● PROBLEM DETAILS: Where the material below has a line containing "let held = count(counts, usize::from(s));", start repeating exactly, and keep going through the line containing "pub fn unfit_states(states: &[u8], z: Sizes, counts: &[u32])", with no other lines.
§
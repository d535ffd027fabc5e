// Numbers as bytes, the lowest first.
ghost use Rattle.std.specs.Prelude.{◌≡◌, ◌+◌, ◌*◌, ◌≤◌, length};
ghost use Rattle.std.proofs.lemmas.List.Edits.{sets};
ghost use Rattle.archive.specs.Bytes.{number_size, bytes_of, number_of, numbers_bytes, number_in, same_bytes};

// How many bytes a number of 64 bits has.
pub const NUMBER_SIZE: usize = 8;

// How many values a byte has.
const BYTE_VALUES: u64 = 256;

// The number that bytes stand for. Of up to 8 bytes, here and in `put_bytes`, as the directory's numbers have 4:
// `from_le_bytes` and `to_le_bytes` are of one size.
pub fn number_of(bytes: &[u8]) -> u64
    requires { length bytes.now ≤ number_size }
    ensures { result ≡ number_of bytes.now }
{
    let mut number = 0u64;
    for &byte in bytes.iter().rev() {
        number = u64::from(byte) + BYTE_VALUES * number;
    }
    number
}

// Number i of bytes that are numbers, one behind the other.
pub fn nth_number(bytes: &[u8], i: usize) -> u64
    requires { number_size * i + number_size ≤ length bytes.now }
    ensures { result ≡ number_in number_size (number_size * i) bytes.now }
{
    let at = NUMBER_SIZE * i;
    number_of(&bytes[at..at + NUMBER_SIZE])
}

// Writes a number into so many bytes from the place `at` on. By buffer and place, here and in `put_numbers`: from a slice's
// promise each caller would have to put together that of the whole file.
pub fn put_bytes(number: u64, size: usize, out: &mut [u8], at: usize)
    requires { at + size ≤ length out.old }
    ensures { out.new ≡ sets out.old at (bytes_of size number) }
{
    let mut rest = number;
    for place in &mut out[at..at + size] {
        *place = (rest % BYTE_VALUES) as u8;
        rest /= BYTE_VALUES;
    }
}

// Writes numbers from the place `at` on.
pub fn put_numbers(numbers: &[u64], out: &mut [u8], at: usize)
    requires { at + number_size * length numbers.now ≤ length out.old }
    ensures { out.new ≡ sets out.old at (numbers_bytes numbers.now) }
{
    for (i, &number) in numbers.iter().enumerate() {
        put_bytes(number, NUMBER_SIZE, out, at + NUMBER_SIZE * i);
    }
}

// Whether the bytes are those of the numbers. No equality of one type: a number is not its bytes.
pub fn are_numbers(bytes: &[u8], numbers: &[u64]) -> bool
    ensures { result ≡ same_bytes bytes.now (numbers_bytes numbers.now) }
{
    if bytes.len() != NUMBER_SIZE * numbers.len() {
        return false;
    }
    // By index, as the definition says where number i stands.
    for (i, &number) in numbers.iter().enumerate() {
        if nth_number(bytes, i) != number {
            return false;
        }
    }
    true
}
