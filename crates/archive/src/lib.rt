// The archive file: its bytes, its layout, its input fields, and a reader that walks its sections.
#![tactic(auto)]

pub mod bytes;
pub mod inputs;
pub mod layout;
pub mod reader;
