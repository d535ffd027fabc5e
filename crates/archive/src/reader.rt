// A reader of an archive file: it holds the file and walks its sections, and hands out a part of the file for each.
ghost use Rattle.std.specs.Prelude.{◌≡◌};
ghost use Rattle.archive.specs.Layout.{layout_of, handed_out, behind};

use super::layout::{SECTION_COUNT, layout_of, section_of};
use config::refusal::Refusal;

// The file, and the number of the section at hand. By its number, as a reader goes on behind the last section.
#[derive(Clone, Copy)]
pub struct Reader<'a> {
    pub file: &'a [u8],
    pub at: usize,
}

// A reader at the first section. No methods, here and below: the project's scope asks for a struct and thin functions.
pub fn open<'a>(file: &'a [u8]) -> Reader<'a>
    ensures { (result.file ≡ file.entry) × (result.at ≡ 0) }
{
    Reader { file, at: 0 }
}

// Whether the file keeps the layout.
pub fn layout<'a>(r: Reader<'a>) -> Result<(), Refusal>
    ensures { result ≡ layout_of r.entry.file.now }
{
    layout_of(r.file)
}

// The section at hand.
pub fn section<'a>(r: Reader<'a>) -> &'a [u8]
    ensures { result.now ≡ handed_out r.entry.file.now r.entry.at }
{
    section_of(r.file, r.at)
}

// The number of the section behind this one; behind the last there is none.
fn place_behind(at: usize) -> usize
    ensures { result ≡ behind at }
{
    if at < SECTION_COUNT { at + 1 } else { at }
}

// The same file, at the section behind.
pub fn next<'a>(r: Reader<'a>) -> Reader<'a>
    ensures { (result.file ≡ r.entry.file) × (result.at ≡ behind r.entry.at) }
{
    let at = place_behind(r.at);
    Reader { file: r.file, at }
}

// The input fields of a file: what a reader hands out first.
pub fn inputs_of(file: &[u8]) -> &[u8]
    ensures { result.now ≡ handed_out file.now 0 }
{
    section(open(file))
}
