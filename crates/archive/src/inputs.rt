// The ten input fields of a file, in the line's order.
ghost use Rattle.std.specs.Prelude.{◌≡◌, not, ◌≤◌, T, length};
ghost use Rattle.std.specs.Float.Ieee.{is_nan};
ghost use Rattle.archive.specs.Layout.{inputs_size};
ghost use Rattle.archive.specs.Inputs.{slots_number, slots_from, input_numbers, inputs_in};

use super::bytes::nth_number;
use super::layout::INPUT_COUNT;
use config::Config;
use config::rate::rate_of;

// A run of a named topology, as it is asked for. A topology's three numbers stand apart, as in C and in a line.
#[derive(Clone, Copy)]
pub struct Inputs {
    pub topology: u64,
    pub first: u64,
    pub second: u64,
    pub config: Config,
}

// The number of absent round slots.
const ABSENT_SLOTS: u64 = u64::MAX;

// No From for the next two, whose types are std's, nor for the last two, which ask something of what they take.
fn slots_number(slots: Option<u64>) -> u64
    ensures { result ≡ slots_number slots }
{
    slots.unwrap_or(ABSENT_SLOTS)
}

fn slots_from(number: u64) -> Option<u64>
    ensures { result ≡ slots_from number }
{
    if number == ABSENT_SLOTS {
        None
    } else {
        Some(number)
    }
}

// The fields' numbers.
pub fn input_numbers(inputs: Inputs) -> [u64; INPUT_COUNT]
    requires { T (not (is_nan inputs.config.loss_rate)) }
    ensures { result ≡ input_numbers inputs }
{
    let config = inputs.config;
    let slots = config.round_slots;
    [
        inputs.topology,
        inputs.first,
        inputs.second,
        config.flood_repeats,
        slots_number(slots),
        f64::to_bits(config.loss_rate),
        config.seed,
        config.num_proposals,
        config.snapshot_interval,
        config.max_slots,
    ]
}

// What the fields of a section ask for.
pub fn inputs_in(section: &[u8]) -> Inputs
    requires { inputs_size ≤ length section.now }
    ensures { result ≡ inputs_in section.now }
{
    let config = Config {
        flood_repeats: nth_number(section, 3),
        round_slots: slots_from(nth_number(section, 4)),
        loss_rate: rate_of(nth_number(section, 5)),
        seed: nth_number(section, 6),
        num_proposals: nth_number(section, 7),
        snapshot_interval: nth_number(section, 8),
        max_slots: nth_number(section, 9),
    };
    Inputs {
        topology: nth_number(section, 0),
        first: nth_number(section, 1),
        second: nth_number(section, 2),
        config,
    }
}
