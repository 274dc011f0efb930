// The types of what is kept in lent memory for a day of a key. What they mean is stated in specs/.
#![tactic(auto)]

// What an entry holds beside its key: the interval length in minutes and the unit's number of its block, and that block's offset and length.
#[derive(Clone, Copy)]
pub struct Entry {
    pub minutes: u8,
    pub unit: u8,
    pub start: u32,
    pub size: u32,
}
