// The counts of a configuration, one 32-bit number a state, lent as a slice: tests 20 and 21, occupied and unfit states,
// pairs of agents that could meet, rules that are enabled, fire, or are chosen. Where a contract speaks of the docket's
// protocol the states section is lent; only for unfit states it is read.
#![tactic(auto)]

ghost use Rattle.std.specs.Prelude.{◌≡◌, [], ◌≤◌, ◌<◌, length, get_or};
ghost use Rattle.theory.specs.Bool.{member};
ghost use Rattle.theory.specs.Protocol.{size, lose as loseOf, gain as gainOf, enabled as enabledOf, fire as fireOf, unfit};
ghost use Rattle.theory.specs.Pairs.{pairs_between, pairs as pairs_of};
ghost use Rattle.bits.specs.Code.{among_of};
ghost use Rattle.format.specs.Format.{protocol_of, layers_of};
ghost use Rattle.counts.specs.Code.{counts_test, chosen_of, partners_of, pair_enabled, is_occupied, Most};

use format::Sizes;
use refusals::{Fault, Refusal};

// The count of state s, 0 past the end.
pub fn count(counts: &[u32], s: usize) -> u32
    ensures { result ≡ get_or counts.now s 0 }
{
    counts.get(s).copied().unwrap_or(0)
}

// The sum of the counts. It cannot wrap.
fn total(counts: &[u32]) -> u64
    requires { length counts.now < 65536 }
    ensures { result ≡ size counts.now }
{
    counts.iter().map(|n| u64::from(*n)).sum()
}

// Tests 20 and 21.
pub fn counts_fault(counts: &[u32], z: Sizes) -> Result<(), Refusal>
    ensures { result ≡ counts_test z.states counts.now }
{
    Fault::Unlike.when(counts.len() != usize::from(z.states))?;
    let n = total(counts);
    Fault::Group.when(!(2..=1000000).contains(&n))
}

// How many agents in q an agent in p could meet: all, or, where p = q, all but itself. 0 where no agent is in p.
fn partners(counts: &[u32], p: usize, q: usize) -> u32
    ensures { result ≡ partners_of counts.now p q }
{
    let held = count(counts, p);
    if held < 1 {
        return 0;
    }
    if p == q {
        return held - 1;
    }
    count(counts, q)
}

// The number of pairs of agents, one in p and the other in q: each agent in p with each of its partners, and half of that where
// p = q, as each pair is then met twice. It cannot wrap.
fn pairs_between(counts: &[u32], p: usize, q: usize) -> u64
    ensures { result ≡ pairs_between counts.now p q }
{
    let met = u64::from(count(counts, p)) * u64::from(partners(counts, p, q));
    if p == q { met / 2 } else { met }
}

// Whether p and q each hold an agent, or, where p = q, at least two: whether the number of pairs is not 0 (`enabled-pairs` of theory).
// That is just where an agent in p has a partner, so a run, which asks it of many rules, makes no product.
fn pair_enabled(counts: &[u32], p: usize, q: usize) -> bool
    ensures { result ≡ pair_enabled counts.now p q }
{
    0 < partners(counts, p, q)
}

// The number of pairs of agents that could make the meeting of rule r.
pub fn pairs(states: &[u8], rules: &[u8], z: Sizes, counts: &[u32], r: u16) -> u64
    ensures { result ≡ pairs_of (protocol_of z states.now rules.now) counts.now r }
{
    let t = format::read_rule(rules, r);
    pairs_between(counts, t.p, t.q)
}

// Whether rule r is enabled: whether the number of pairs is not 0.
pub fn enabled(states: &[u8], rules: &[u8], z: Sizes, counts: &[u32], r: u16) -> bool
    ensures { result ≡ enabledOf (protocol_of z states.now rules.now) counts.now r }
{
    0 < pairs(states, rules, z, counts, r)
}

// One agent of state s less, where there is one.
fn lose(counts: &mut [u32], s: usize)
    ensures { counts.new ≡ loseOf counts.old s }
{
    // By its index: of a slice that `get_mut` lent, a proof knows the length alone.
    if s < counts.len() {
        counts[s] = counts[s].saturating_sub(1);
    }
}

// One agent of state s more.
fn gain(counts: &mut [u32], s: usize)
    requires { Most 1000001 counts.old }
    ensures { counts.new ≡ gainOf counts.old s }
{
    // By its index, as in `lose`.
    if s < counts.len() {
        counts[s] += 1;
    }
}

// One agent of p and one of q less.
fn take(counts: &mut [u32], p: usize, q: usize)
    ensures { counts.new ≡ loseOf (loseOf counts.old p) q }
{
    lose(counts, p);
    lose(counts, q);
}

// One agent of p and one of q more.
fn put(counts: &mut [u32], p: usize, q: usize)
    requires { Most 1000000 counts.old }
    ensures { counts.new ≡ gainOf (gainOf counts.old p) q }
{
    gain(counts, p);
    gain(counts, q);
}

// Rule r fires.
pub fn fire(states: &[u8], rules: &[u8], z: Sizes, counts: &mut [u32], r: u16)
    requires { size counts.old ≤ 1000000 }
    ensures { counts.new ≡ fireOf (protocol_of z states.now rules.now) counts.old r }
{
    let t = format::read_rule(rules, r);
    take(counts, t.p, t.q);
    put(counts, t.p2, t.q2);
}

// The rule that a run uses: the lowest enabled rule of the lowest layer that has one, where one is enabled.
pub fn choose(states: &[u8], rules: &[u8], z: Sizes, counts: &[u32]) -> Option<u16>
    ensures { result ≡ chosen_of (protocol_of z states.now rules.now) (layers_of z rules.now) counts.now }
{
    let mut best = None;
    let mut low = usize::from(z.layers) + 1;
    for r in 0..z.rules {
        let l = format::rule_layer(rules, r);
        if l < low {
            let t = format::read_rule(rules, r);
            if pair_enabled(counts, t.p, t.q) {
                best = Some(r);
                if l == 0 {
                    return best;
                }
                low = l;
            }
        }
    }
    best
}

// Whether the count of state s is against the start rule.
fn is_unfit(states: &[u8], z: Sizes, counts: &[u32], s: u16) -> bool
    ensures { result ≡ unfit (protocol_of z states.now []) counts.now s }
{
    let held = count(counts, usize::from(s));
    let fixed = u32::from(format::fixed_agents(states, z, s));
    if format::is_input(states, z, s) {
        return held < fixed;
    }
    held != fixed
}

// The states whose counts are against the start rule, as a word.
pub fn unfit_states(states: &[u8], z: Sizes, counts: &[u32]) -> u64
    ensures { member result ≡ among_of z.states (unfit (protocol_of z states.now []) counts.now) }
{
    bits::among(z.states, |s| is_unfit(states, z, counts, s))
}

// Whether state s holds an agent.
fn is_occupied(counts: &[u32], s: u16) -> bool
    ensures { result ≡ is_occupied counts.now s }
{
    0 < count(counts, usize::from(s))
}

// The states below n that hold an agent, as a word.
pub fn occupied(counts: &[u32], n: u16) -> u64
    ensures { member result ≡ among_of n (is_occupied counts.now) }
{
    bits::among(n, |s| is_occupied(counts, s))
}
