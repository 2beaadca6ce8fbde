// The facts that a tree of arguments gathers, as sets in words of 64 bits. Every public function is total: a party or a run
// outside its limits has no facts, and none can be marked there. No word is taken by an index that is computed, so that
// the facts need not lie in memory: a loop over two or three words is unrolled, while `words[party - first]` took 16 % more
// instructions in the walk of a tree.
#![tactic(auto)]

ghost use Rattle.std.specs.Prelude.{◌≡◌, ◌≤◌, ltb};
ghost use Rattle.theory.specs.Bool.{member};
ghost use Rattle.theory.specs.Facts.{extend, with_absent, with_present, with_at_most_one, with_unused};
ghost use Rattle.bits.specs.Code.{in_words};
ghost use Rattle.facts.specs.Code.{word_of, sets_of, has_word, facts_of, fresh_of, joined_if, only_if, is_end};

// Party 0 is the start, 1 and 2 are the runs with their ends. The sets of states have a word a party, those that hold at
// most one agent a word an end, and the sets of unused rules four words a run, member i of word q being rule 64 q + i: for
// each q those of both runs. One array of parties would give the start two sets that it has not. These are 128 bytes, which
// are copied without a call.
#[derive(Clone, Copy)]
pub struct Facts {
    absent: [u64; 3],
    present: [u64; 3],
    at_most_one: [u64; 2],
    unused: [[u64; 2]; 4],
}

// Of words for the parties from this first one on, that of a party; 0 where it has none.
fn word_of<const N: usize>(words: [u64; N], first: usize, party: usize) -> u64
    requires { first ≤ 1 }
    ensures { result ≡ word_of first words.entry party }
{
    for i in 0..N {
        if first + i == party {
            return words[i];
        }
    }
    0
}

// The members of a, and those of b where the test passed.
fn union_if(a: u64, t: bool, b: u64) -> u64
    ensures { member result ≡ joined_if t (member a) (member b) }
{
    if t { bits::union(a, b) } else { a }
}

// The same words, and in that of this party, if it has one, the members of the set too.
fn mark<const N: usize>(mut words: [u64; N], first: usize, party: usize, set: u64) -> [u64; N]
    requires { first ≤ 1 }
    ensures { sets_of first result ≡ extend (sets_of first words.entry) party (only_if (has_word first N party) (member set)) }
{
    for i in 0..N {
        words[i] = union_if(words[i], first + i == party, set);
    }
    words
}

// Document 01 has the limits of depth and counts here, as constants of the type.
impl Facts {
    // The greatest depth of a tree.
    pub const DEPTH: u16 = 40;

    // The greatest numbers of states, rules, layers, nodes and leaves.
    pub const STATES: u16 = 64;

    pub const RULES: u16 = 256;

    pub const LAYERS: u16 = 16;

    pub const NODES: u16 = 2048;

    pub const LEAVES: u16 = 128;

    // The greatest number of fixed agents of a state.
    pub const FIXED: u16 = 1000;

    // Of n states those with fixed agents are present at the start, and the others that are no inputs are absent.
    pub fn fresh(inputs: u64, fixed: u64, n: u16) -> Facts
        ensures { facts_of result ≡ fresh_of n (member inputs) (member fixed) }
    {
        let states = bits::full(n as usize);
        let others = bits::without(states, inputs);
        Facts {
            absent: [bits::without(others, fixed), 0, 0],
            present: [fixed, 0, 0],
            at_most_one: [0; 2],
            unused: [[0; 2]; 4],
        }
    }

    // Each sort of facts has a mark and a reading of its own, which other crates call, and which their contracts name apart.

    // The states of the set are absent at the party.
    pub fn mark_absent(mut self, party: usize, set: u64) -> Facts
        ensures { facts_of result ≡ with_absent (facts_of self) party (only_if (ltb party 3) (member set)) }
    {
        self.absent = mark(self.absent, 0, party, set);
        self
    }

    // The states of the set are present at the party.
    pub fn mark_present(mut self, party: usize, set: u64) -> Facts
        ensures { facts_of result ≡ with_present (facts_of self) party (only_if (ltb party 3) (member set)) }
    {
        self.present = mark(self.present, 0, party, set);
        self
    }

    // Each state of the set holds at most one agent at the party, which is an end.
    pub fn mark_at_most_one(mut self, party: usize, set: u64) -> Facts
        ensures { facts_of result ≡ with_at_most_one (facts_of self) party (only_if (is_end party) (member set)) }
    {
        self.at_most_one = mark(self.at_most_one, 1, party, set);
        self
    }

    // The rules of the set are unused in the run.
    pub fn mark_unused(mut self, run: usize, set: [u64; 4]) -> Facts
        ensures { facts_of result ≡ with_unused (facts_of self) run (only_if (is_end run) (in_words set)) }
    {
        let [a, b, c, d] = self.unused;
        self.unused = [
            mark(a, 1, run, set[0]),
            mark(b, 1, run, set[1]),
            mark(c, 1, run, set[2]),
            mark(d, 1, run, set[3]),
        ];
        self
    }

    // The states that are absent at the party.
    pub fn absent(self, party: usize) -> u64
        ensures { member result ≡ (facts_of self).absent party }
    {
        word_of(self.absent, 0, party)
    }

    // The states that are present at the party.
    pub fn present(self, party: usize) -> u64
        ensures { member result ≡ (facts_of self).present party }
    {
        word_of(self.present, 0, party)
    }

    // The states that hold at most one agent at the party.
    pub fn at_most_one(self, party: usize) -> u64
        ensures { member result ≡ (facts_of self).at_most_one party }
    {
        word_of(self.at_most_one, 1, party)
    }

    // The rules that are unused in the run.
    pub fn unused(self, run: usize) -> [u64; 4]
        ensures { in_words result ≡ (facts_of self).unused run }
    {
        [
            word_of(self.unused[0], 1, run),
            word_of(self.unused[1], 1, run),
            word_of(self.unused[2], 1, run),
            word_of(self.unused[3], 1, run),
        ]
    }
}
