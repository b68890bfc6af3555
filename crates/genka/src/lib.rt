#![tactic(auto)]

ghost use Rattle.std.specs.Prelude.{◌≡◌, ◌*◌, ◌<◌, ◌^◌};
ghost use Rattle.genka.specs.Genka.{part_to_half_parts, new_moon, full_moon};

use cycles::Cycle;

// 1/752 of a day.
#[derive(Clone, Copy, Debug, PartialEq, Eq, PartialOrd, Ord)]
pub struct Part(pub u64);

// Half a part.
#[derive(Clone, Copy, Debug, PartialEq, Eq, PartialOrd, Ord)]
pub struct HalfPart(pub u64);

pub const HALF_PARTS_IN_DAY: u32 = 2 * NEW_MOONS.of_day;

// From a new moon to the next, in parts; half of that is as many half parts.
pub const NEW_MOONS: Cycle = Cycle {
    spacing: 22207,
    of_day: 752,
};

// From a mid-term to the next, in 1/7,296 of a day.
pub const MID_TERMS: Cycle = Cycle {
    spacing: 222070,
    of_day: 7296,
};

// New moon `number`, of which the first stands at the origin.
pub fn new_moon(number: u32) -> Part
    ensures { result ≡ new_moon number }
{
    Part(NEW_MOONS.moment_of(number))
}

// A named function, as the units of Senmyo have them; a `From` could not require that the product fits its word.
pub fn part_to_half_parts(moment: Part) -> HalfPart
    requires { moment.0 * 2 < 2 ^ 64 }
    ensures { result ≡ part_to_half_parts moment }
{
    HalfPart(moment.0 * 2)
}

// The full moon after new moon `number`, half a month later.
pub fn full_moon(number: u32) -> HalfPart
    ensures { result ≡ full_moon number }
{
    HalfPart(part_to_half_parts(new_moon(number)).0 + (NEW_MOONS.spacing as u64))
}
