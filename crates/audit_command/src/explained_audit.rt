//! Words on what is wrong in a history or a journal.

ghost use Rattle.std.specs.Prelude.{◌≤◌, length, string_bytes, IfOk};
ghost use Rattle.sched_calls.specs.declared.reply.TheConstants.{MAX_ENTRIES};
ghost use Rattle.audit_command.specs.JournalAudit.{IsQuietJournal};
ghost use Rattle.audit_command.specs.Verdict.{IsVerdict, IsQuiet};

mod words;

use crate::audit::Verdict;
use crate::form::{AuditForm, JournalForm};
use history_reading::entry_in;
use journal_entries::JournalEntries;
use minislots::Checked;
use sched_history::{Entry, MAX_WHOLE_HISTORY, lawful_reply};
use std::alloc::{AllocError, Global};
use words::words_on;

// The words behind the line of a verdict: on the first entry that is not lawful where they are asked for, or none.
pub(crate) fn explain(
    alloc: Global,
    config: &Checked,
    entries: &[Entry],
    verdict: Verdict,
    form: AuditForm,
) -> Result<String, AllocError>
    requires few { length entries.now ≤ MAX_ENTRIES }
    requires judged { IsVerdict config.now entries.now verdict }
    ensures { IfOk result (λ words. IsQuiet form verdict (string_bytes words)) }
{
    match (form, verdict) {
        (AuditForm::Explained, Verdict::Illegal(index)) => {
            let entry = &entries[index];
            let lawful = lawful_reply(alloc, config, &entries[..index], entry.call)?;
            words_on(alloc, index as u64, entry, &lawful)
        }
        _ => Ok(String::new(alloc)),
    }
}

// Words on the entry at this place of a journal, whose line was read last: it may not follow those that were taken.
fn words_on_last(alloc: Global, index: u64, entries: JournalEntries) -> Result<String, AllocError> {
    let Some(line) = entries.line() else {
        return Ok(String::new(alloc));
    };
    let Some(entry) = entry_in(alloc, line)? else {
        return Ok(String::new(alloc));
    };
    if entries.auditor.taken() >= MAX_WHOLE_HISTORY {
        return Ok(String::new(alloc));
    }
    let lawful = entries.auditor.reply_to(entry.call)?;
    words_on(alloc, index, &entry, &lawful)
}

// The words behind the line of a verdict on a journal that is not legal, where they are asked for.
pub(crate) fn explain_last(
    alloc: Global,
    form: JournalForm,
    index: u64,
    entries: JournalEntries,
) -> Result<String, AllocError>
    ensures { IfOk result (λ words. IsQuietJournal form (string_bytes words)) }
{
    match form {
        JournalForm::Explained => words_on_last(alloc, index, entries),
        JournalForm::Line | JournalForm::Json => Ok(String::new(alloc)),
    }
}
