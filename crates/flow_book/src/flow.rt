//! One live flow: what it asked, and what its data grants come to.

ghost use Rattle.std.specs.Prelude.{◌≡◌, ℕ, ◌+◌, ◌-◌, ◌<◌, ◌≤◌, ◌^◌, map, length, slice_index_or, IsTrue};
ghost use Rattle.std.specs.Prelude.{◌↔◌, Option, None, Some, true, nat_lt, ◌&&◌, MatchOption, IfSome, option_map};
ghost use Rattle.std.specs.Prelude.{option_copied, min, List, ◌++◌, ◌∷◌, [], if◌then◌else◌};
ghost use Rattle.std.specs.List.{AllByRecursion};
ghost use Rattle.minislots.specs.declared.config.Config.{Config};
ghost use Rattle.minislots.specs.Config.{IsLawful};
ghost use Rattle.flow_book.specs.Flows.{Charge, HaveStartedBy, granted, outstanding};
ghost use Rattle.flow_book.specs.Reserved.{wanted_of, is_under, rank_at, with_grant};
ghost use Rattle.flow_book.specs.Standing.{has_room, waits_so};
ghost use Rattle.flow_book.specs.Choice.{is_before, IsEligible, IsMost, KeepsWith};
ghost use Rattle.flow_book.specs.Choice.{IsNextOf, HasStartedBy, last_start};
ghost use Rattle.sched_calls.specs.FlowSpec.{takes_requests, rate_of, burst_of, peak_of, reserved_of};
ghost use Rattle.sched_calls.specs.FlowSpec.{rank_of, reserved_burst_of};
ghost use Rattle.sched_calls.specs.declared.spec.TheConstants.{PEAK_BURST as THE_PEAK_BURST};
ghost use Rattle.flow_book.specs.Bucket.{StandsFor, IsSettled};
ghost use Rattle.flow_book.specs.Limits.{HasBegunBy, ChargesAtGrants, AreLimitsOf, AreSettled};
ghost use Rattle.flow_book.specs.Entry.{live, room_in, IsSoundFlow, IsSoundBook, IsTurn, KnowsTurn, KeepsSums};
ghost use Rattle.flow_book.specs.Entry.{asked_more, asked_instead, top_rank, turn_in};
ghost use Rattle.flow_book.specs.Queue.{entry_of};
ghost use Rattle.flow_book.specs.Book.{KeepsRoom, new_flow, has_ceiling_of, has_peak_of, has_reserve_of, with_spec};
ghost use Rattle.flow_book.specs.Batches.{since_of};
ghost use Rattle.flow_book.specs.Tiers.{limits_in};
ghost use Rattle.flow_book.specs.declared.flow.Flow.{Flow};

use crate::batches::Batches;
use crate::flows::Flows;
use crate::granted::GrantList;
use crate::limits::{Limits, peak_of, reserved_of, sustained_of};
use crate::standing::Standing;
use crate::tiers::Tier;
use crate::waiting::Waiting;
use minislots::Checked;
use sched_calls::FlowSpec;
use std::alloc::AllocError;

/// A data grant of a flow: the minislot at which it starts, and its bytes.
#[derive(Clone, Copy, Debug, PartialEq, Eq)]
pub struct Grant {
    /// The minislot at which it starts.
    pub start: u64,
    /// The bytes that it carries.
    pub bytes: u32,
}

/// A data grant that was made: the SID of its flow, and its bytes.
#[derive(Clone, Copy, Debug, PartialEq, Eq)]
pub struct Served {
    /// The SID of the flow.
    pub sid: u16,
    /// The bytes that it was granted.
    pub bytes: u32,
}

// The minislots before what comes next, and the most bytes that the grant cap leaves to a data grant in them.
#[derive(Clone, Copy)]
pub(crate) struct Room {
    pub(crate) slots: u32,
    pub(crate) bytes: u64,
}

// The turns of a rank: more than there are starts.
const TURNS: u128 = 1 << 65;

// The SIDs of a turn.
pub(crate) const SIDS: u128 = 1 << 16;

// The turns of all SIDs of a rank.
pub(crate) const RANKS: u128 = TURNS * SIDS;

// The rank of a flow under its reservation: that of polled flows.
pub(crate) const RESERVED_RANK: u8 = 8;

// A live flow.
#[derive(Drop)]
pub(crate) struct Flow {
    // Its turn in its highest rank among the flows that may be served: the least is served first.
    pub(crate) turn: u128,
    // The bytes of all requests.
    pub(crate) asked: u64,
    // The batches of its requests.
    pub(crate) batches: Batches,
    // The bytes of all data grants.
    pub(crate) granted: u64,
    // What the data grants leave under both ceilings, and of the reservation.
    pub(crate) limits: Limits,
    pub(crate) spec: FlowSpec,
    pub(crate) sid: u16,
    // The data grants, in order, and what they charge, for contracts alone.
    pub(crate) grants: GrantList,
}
§
● OUTPUT FOR THIS TASK:
    let held = count(counts, usize::from(s));
    let fixed = u32::from(format::fixed_agents(states, z, s));
    if format::is_input(states, z, s) {
        return held < fixed;
    }
    held != fixed
}

// The states whose counts are against the start rule, as a word.
pub fn unfit_states(states: &[u8], z: Sizes, counts: &[u32]) -> u64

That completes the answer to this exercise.